But the partners were still maintaining that joint marketng and selling was the best option.
Late last week the commission said it was considering revoking the partners’ right to jointly market and sell gas from their Taranaki field on the basis of “false or misleading” information given or because of material changes in circumstances.
The commission’s draft determination on the matter said the commission would not have authorised the proposed joint arrangement in September 2003 if it had known separate marketing and sale would still make a final investment decision achievable by June 2004 (only three months later than the original proposed FID).
“The evidence indicates that the parties did not need to engage in the authorised behavior to achieve the early final investment date and hence production at an early date,” said the commission’s draft report.
“Taking these factors into account, the commission considers that having established that OMV, Shell and Todd are now marketing and selling gas separately, to a timetable largely consistent with the timetable the commission found would only be achievable if the parties marketed and sold gas jointly, it is appropriate to revoke the authorisation.”
Ballance Agri-Nutrients (Kapuni) said it favoured revocation of joint marketing and selling.
“Subsequent behaviour has demonstrated the false premise on which the decision was based and that the detriments of joint marketing now outweigh the benefits”, the ammonia urea producer’s submission to the commission said.

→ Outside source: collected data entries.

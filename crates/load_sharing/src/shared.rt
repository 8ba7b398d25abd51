//! Threads may take what stands here from one another and share it: this is proved only where the bounds hold.
use crate::flights::Flights;

fn may_be_shared<T: Send + Sync>() {}

fn threads_share() {
    may_be_shared::<Flights>();
}
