//! A load in flight.
ghost use Rattle.std.specs.Prelude.{◌≡◌, IsTrue};
ghost use Rattle.segment_header.specs.Headers.{is_header};

use cache_flush::Shut;
use olap_meaning::{Cell, Header, Version, Who};
use segment_header::{covers, same_columns};

/// A load in flight, with its place: how many regions had been flushed at its Start. Its header is well formed, so that a
/// cell's values are found in it by binary search.
#[derive(Drop)]
pub(crate) struct Flight {
    pub(crate) load: u64,
    pub(crate) who: Who,
    pub(crate) header: Header,
    pub(crate) version: Version,
    pub(crate) place: u64,
    ghost formed: { IsTrue (is_header header) },
}

impl Flight {
    ghost use Rattle.olap_meaning.specs.Covering as covering;
    ghost use Rattle.load_sharing.specs.Flights as flying;
    ghost use Rattle.load_sharing.specs.Flights.{flight_of};

    /// A load in flight. It takes no memory.
    pub(crate) fn new(load: u64, who: Who, header: Header, version: Version, place: u64) -> Flight
        requires { IsTrue (is_header header) }
        ensures { flight_of result
            ≡ record { load = load; who = who; header = header; version = version; place = place } }
    {
        Flight {
            load,
            who,
            header,
            version,
            place,
        }
    }

    /// Whether a cell awaits the load, where some regions were flushed. It takes no memory.
    pub(crate) fn is_awaited(&self, shut: &Shut, cell: &Cell) -> bool
        ensures { result ≡ flying.is_awaited shut.now.regions (flight_of self.now) cell.now }
    {
        self.just_covers(cell) && shut.is_live(self.place, cell)
    }

    // Whether the load covers a cell with just the cell's columns.
    fn just_covers(&self, cell: &Cell) -> bool
        ensures { result ≡ covering.just_covers self.now.header cell.now }
    {
        covers(&self.header, cell) && same_columns(&self.header, cell)
    }
}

But the partners argued market circumstances have not changed since the authorisation and that joint marketing and sale was still the best option to deal with “commissioning gas, peaking gas, and the sale of subsequent tranches of gas”.

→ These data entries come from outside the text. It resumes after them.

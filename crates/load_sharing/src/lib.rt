//! The loads in flight: who started each, and which of them a cell awaits.
//!
//! A cell awaits a load in flight that covers it with just its columns, where no flush shuts the load off for it. How many loads
//! have each mask is counted, so that a cell whose columns no load in flight has costs one look-up.
#![tactic(auto)]

mod flight;
mod flights;
mod masks;
mod shared;

pub use flights::Flights;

Their submission said the joint venture might still have to revert to joint marketing if gas balancing arrangements cannot be negotiated, if separate marketing results in significant un-utilised capacity or other inefficiencies, and when further investment becomes necessary to recover residual gas.

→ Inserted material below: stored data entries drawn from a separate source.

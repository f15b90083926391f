// Runs: any list of calls on a book and a board made now, and a log of what each gave. The contract of `perform` is the whole promise.
#![tactic(auto)]

ghost use Rattle.books.specs.Held.{contents, SameCells};
ghost use Rattle.runs.specs.Account.{account};
ghost use Rattle.runs.specs.Law.{Law, memory};
ghost use Rattle.runs.specs.Step.{Made};
ghost use Rattle.runs.specs.Determined.{Determined};

use boards::Board;
use books::Book;
use labels::Label;
use listings::list;
use std::alloc::{AllocError, Global};
use terms::{Concept, Node, Refusal, Sentence, Sizes};
use texts::Misread;
use texts::read::read_text;
use texts::write::write_text;

// One call: what it is given. Writing and listing are given fresh memory, of as many bytes as the number says, all 0.
#[derive(Drop)]
pub enum Request<'a, L> {
    Size(Sizes),
    Enter(Sentence<L>),
    Withdraw(usize),
    Read(&'a [u8]),
    Write(usize),
    Settle,
    Label(Node, Concept),
    List(usize),
}

// What one call gave: its answer, and the memory that it was given to write in.
#[derive(Drop)]
pub enum Outcome<L> {
    Done(Result<(), Refusal>),
    Read(Result<(), Misread>),
    Label(Result<L, Refusal>),
    // By hand, a count beside its memory: the log keeps the whole memory, past what was written too, and after a refusal.
    Bytes(Result<usize, Refusal>, Vec<u8>),
}

// Makes a blank book over the cells, clears the board, goes down the list of calls, and logs what each gave.
pub fn perform<L: Label, B: Board<L>>(
    cells: &mut [Sentence<L>],
    board: &mut B,
    requests: &[Request<'_, L>],
    heap: Global,
) -> Result<Vec<Outcome<L>>, AllocError>
    ensures law { Law L.Label.kind (memory cells.old (B.Board.meaning board.old)) requests.now result (memory cells.new (B.Board.meaning board.new)) }
{
    board.clear();
    let mut book = Book::blank(cells);
    let mut log = Vec::new(heap);
    // By hand: after a chain of iterators nothing is known of the book and the board that its closure changed.
    for request in requests {
        let outcome = perform_one(&mut book, board, request, heap)?;
        log.push(outcome)?;
    }
    Ok(log)
}

// Makes one call of the list.
fn perform_one<L: Label, B: Board<L>>(
    book: &mut Book<'_, L>,
    board: &mut B,
    request: &Request<'_, L>,
    heap: Global,
) -> Result<Outcome<L>, AllocError>
    ensures same_cells { SameCells book.old book.new }
    ensures step { Made L.Label.kind (account (contents book.old) (B.Board.meaning board.old)) request.now result (account (contents book.new) (B.Board.meaning board.new)) }
{
    match request {
        Request::Size(sizes) => Ok(Outcome::Done(book.size(*sizes))),
        Request::Enter(sentence) => Ok(Outcome::Done(book.enter(*sentence))),
        Request::Withdraw(number) => Ok(Outcome::Done(book.withdraw(*number))),
        Request::Read(text) => Ok(Outcome::Read(read_text(book, text))),
        // By hand here and at `List`: a closure that writes would need a clause of its own in each place.
        Request::Write(room) => {
            let mut out = vec![in heap; 0u8; *room]?;
            let answer = write_text(book, &mut out);
            Ok(Outcome::Bytes(answer, out))
        }
        Request::Settle => Ok(Outcome::Done(book.settle(board))),
        Request::Label(node, concept) => Ok(Outcome::Label(book.label(board, *node, *concept))),
        Request::List(room) => {
            let mut out = vec![in heap; 0u8; *room]?;
            let answer = list(book, board, &mut out);
            Ok(Outcome::Bytes(answer, out))
        }
    }
}

// Two runs of the same calls give the same answers and end alike, labels up to their number.
pub fn calls_determine_their_answers<L: Label>()
    ensures { Determined L.Label.kind }
{}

“The absence of the ability to jointly market and sell might still cause a delay in the commencement of production,” said OMV, Shell and Todd.
In granting its authorisation, the commission said it accepted the “substantial” benefits, estimated at between $NZ47.8 million and $NZ81.9 million, arising from early development of the field outweighed the “large overall detriment” of joint marketing.
The commission has called for further submissions by 23 March, but cautioned that “If the commission’s preliminary conclusions are confirmed after its consideration of submissions on this draft determination, the commission proposes to revoke the authorisation”.